→ **BRIEF**
What is needed is a word-for-word copy of the records below.

Stored data
----------------

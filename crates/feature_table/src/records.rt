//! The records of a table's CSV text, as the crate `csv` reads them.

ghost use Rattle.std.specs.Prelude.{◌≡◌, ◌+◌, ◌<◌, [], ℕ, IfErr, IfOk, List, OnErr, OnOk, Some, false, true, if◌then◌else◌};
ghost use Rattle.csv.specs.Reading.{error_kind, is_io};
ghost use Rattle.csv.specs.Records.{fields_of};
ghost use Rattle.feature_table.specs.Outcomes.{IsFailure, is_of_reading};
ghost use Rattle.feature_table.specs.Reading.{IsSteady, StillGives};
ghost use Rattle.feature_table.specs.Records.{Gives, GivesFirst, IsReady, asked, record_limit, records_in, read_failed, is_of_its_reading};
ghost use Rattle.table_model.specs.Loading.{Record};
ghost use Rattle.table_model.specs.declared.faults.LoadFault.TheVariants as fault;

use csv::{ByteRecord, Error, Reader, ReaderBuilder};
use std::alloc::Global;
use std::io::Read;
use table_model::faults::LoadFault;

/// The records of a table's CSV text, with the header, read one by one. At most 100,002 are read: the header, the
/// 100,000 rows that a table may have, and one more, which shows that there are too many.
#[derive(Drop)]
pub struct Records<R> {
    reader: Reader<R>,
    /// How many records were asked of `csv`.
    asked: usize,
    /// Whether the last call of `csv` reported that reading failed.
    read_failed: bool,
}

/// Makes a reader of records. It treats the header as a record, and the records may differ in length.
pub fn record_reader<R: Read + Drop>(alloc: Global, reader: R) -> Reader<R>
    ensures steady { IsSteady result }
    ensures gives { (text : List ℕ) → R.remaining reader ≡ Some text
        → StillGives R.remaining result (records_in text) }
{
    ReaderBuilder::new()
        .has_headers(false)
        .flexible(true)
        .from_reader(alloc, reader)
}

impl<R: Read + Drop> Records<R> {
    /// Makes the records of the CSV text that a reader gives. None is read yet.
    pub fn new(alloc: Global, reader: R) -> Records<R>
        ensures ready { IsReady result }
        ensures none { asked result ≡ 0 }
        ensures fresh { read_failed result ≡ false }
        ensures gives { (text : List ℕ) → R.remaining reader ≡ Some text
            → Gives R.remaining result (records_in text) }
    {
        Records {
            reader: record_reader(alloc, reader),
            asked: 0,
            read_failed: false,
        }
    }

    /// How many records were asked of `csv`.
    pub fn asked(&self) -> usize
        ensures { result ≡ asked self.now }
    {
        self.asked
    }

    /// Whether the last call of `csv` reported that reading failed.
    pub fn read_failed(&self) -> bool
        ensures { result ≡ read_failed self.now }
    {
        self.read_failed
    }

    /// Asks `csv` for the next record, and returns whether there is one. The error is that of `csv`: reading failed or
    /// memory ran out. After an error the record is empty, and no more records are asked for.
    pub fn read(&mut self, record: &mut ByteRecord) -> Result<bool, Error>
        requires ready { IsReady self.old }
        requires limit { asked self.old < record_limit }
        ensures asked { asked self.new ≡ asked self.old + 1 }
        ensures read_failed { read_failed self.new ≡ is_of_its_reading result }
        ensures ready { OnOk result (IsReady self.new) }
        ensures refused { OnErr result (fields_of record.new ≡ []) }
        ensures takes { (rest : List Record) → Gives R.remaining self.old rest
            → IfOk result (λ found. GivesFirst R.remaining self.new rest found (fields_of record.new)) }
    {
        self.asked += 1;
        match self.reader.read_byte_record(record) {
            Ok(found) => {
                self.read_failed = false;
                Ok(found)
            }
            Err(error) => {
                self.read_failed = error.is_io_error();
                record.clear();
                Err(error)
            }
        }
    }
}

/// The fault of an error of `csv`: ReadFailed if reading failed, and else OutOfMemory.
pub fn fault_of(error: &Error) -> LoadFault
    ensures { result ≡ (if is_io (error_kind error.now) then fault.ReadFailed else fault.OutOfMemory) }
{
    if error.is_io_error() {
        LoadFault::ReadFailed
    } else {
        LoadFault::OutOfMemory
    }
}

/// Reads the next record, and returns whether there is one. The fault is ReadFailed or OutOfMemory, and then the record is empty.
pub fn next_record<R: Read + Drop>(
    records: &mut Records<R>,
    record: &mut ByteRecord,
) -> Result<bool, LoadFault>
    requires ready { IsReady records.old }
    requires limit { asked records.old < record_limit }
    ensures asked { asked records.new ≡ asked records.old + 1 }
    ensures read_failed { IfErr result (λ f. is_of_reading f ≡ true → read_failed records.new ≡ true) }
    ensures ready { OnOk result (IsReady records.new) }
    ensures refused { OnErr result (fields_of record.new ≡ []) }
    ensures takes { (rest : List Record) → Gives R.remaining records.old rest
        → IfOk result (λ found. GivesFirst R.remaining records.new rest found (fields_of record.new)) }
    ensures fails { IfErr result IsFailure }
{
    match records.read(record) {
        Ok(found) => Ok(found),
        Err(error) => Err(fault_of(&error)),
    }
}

----------------

→ **ANSWER FOR THE TASK**
filename crates/feature_table/src/records.rt
//! The records of a table's CSV text, as the crate `csv` reads them.

ghost use Rattle.std.specs.Prelude.{◌≡◌, ◌+◌, ◌<◌, [], ℕ, IfErr, IfOk, List, OnErr, OnOk, Some, false, true, if◌then◌else◌};
ghost use Rattle.csv.specs.Reading.{error_kind, is_io};
ghost use Rattle.csv.specs.Records.{fields_of};
ghost use Rattle.feature_table.specs.Outcomes.{IsFailure, is_of_reading};
ghost use Rattle.feature_table.specs.Reading.{IsSteady, StillGives};
ghost use Rattle.feature_table.specs.Records.{Gives, GivesFirst, IsReady, asked, record_limit, records_in, read_failed, is_of_its_reading};
ghost use Rattle.table_model.specs.Loading.{Record};
ghost use Rattle.table_model.specs.declared.faults.LoadFault.TheVariants as fault;

use csv::{ByteRecord, Error, Reader, ReaderBuilder};
use std::alloc::Global;
use std::io::Read;
use table_model::faults::LoadFault;

/// The records of a table's CSV text, with the header, read one by one. At most 100,002 are read: the header, the
/// 100,000 rows that a table may have, and one more, which shows that there are too many.
#[derive(Drop)]
pub struct Records<R> {
    reader: Reader<R>,
    /// How many records were asked of `csv`.
    asked: usize,
    /// Whether the last call of `csv` reported that reading failed.
    read_failed: bool,
}

/// Makes a reader of records. It treats the header as a record, and the records may differ in length.
pub fn record_reader<R: Read + Drop>(alloc: Global, reader: R) -> Reader<R>
    ensures steady { IsSteady result }
    ensures gives { (text : List ℕ) → R.remaining reader ≡ Some text
        → StillGives R.remaining result (records_in text) }
{
    ReaderBuilder::new()
        .has_headers(false)
        .flexible(true)
        .from_reader(alloc, reader)
}

impl<R: Read + Drop> Records<R> {
    /// Makes the records of the CSV text that a reader gives. None is read yet.
    pub fn new(alloc: Global, reader: R) -> Records<R>
        ensures ready { IsReady result }
        ensures none { asked result ≡ 0 }
        ensures fresh { read_failed result ≡ false }
        ensures gives { (text : List ℕ) → R.remaining reader ≡ Some text
            → Gives R.remaining result (records_in text) }
    {
        Records {
            reader: record_reader(alloc, reader),
            asked: 0,
            read_failed: false,
        }
    }

    /// How many records were asked of `csv`.
    pub fn asked(&self) -> usize
        ensures { result ≡ asked self.now }
    {
        self.asked
    }

    /// Whether the last call of `csv` reported that reading failed.
    pub fn read_failed(&self) -> bool
        ensures { result ≡ read_failed self.now }
    {
        self.read_failed
    }

    /// Asks `csv` for the next record, and returns whether there is one. The error is that of `csv`: reading failed or
    /// memory ran out. After an error the record is empty, and no more records are asked for.
    pub fn read(&mut self, record: &mut ByteRecord) -> Result<bool, Error>
        requires ready { IsReady self.old }
        requires limit { asked self.old < record_limit }
        ensures asked { asked self.new ≡ asked self.old + 1 }
        ensures read_failed { read_failed self.new ≡ is_of_its_reading result }
        ensures ready { OnOk result (IsReady self.new) }
        ensures refused { OnErr result (fields_of record.new ≡ []) }
        ensures takes { (rest : List Record) → Gives R.remaining self.old rest
            → IfOk result (λ found. GivesFirst R.remaining self.new rest found (fields_of record.new)) }
    {
        self.asked += 1;
        match self.reader.read_byte_record(record) {
            Ok(found) => {
                self.read_failed = false;
                Ok(found)
            }
            Err(error) => {
                self.read_failed = error.is_io_error();
                record.clear();
                Err(error)
            }
        }
    }
}

/// The fault of an error of `csv`: ReadFailed if reading failed, and else OutOfMemory.
pub fn fault_of(error: &Error) -> LoadFault
    ensures { result ≡ (if is_io (error_kind error.now) then fault.ReadFailed else fault.OutOfMemory) }
{
    if error.is_io_error() {
        LoadFault::ReadFailed
    } else {
        LoadFault::OutOfMemory
    }
}

/// Reads the next record, and returns whether there is one. The fault is ReadFailed or OutOfMemory, and then the record is empty.
pub fn next_record<R: Read + Drop>(
    records: &mut Records<R>,
    record: &mut ByteRecord,
) -> Result<bool, LoadFault>
    requires ready { IsReady records.old }
    requires limit { asked records.old < record_limit }
    ensures asked { asked records.new ≡ asked records.old + 1 }
    ensures read_failed { IfErr result (λ f. is_of_reading f ≡ true → read_failed records.new ≡ true) }
    ensures ready { OnOk result (IsReady records.new) }
    ensures refused { OnErr result (fields_of record.new ≡ []) }
    ensures takes { (rest : List Record) → Gives R.remaining records.old rest
        → IfOk result (λ found. GivesFirst R.remaining records.new rest found (fields_of record.new)) }
    ensures fails { IfErr result IsFailure }
{
    match records.read(record) {
        Ok(found) => Ok(found),
        Err(error) => Err(fault_of(&error)),
    }
}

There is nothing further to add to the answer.